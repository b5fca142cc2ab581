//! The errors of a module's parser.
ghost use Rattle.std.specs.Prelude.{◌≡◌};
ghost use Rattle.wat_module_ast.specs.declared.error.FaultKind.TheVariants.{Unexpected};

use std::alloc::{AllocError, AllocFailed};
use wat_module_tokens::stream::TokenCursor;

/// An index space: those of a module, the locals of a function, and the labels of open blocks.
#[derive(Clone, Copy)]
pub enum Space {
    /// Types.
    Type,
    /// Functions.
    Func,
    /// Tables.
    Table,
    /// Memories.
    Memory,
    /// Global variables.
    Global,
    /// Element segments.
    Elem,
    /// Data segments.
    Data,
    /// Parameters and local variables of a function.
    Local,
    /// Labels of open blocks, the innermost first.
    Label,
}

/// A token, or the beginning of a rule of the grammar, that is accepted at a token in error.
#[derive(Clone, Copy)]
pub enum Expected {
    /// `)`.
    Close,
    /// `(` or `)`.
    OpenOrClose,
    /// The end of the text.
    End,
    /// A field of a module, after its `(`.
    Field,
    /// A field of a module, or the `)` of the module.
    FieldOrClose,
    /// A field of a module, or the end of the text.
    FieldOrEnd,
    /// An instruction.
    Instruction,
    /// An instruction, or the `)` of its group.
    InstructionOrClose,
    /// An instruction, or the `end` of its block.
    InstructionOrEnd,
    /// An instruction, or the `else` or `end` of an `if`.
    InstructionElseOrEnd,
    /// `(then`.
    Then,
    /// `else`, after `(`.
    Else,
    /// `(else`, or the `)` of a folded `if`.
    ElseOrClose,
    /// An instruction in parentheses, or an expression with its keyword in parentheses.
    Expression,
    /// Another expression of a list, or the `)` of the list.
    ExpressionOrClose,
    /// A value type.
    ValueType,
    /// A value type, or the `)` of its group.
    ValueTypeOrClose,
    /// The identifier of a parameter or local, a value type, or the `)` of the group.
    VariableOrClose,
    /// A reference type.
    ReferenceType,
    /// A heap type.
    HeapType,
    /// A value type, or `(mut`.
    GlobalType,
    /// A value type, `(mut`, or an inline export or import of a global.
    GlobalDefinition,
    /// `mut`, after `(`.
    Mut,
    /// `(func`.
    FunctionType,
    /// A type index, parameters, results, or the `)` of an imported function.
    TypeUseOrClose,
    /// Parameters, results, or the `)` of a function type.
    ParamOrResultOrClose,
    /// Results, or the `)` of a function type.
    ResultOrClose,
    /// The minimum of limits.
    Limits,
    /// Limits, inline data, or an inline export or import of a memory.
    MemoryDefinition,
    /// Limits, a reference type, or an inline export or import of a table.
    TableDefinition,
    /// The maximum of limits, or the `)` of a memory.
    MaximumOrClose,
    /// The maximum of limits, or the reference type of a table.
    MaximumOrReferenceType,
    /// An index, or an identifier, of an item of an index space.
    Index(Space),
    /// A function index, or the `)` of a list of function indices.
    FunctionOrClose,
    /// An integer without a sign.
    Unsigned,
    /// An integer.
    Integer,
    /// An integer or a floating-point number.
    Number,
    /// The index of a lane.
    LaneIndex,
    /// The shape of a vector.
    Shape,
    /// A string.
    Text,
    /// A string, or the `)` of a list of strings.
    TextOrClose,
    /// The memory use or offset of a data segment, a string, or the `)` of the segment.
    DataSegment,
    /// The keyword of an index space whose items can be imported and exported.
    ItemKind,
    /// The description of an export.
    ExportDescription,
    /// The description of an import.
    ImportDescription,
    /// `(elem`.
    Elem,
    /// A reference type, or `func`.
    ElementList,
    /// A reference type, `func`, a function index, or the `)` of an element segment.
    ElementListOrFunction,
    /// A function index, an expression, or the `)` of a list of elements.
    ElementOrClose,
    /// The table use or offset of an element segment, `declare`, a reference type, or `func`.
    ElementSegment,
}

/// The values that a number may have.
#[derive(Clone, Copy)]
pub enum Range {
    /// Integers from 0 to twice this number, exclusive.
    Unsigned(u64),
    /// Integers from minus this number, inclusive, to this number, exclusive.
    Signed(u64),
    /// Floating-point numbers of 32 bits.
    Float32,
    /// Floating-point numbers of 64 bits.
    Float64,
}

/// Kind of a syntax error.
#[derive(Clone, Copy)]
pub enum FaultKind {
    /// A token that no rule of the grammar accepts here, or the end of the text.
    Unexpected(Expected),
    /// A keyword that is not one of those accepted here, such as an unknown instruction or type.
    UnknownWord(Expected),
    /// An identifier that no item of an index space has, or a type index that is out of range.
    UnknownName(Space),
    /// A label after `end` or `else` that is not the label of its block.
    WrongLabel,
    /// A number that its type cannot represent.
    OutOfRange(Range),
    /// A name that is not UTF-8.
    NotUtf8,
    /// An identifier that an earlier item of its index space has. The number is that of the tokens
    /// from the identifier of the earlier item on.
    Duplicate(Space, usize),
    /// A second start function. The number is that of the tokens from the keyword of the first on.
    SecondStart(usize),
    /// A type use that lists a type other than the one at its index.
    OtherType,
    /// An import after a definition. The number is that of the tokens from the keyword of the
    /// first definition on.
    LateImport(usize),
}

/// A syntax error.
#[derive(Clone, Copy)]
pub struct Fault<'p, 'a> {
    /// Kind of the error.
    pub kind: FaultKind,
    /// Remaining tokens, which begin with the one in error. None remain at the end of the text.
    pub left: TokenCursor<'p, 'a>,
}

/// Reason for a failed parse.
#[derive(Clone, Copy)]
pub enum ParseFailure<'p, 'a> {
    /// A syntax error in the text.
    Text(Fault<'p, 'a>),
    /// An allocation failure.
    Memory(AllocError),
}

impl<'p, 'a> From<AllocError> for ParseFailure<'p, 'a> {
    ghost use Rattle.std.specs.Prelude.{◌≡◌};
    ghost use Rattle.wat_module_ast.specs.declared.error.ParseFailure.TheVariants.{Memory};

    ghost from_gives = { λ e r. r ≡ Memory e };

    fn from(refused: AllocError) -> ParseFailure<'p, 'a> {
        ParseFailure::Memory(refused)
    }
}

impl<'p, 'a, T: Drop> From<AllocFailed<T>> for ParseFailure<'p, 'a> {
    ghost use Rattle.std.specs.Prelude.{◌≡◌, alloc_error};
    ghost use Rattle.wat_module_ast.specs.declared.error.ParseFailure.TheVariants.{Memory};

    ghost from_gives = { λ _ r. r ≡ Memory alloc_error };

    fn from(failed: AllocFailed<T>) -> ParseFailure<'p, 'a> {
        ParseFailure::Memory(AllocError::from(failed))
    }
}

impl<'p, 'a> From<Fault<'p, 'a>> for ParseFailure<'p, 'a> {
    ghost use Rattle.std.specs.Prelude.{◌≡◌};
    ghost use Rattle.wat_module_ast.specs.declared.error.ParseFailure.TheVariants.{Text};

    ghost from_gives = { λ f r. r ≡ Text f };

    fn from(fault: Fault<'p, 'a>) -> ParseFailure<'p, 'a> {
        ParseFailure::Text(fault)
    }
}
· · · · ·
** ACTIVITY **
I would like the records restated exactly, with every line intact.

** RESPONSE TO THIS EXERCISE **
repository b5fca142cc2ab581
//! The errors of a module's parser.
ghost use Rattle.std.specs.Prelude.{◌≡◌};
ghost use Rattle.wat_module_ast.specs.declared.error.FaultKind.TheVariants.{Unexpected};

use std::alloc::{AllocError, AllocFailed};
use wat_module_tokens::stream::TokenCursor;

/// An index space: those of a module, the locals of a function, and the labels of open blocks.
#[derive(Clone, Copy)]
pub enum Space {
    /// Types.
    Type,
    /// Functions.
    Func,
    /// Tables.
    Table,
    /// Memories.
    Memory,
    /// Global variables.
    Global,
    /// Element segments.
    Elem,
    /// Data segments.
    Data,
    /// Parameters and local variables of a function.
    Local,
    /// Labels of open blocks, the innermost first.
    Label,
}

/// A token, or the beginning of a rule of the grammar, that is accepted at a token in error.
#[derive(Clone, Copy)]
pub enum Expected {
    /// `)`.
    Close,
    /// `(` or `)`.
    OpenOrClose,
    /// The end of the text.
    End,
    /// A field of a module, after its `(`.
    Field,
    /// A field of a module, or the `)` of the module.
    FieldOrClose,
    /// A field of a module, or the end of the text.
    FieldOrEnd,
    /// An instruction.
    Instruction,
    /// An instruction, or the `)` of its group.
    InstructionOrClose,
    /// An instruction, or the `end` of its block.
    InstructionOrEnd,
    /// An instruction, or the `else` or `end` of an `if`.
    InstructionElseOrEnd,
    /// `(then`.
    Then,
    /// `else`, after `(`.
    Else,
    /// `(else`, or the `)` of a folded `if`.
    ElseOrClose,
    /// An instruction in parentheses, or an expression with its keyword in parentheses.
    Expression,
    /// Another expression of a list, or the `)` of the list.
    ExpressionOrClose,
    /// A value type.
    ValueType,
    /// A value type, or the `)` of its group.
    ValueTypeOrClose,
    /// The identifier of a parameter or local, a value type, or the `)` of the group.
    VariableOrClose,
    /// A reference type.
    ReferenceType,
    /// A heap type.
    HeapType,
    /// A value type, or `(mut`.
    GlobalType,
    /// A value type, `(mut`, or an inline export or import of a global.
    GlobalDefinition,
    /// `mut`, after `(`.
    Mut,
    /// `(func`.
    FunctionType,
    /// A type index, parameters, results, or the `)` of an imported function.
    TypeUseOrClose,
    /// Parameters, results, or the `)` of a function type.
    ParamOrResultOrClose,
    /// Results, or the `)` of a function type.
    ResultOrClose,
    /// The minimum of limits.
    Limits,
    /// Limits, inline data, or an inline export or import of a memory.
    MemoryDefinition,
    /// Limits, a reference type, or an inline export or import of a table.
    TableDefinition,
    /// The maximum of limits, or the `)` of a memory.
    MaximumOrClose,
    /// The maximum of limits, or the reference type of a table.
    MaximumOrReferenceType,
    /// An index, or an identifier, of an item of an index space.
    Index(Space),
    /// A function index, or the `)` of a list of function indices.
    FunctionOrClose,
    /// An integer without a sign.
    Unsigned,
    /// An integer.
    Integer,
    /// An integer or a floating-point number.
    Number,
    /// The index of a lane.
    LaneIndex,
    /// The shape of a vector.
    Shape,
    /// A string.
    Text,
    /// A string, or the `)` of a list of strings.
    TextOrClose,
    /// The memory use or offset of a data segment, a string, or the `)` of the segment.
    DataSegment,
    /// The keyword of an index space whose items can be imported and exported.
    ItemKind,
    /// The description of an export.
    ExportDescription,
    /// The description of an import.
    ImportDescription,
    /// `(elem`.
    Elem,
    /// A reference type, or `func`.
    ElementList,
    /// A reference type, `func`, a function index, or the `)` of an element segment.
    ElementListOrFunction,
    /// A function index, an expression, or the `)` of a list of elements.
    ElementOrClose,
    /// The table use or offset of an element segment, `declare`, a reference type, or `func`.
    ElementSegment,
}

/// The values that a number may have.
#[derive(Clone, Copy)]
pub enum Range {
    /// Integers from 0 to twice this number, exclusive.
    Unsigned(u64),
    /// Integers from minus this number, inclusive, to this number, exclusive.
    Signed(u64),
    /// Floating-point numbers of 32 bits.
    Float32,
    /// Floating-point numbers of 64 bits.
    Float64,
}

/// Kind of a syntax error.
#[derive(Clone, Copy)]
pub enum FaultKind {
    /// A token that no rule of the grammar accepts here, or the end of the text.
    Unexpected(Expected),
    /// A keyword that is not one of those accepted here, such as an unknown instruction or type.
    UnknownWord(Expected),
    /// An identifier that no item of an index space has, or a type index that is out of range.
    UnknownName(Space),
    /// A label after `end` or `else` that is not the label of its block.
    WrongLabel,
    /// A number that its type cannot represent.
    OutOfRange(Range),
    /// A name that is not UTF-8.
    NotUtf8,
    /// An identifier that an earlier item of its index space has. The number is that of the tokens
    /// from the identifier of the earlier item on.
    Duplicate(Space, usize),
    /// A second start function. The number is that of the tokens from the keyword of the first on.
    SecondStart(usize),
    /// A type use that lists a type other than the one at its index.
    OtherType,
    /// An import after a definition. The number is that of the tokens from the keyword of the
    /// first definition on.
    LateImport(usize),
}

/// A syntax error.
#[derive(Clone, Copy)]
pub struct Fault<'p, 'a> {
    /// Kind of the error.
    pub kind: FaultKind,
    /// Remaining tokens, which begin with the one in error. None remain at the end of the text.
    pub left: TokenCursor<'p, 'a>,
}

/// Reason for a failed parse.
#[derive(Clone, Copy)]
pub enum ParseFailure<'p, 'a> {
    /// A syntax error in the text.
    Text(Fault<'p, 'a>),
    /// An allocation failure.
    Memory(AllocError),
}

impl<'p, 'a> From<AllocError> for ParseFailure<'p, 'a> {
    ghost use Rattle.std.specs.Prelude.{◌≡◌};
    ghost use Rattle.wat_module_ast.specs.declared.error.ParseFailure.TheVariants.{Memory};

    ghost from_gives = { λ e r. r ≡ Memory e };

    fn from(refused: AllocError) -> ParseFailure<'p, 'a> {
        ParseFailure::Memory(refused)
    }
}

impl<'p, 'a, T: Drop> From<AllocFailed<T>> for ParseFailure<'p, 'a> {
    ghost use Rattle.std.specs.Prelude.{◌≡◌, alloc_error};
    ghost use Rattle.wat_module_ast.specs.declared.error.ParseFailure.TheVariants.{Memory};

    ghost from_gives = { λ _ r. r ≡ Memory alloc_error };

    fn from(failed: AllocFailed<T>) -> ParseFailure<'p, 'a> {
        ParseFailure::Memory(AllocError::from(failed))
    }
}

impl<'p, 'a> From<Fault<'p, 'a>> for ParseFailure<'p, 'a> {
    ghost use Rattle.std.specs.Prelude.{◌≡◌};
    ghost use Rattle.wat_module_ast.specs.declared.error.ParseFailure.TheVariants.{Text};

    ghost from_gives = { λ f r. r ≡ Text f };

    fn from(fault: Fault<'p, 'a>) -> ParseFailure<'p, 'a> {
        ParseFailure::Text(fault)
    }
}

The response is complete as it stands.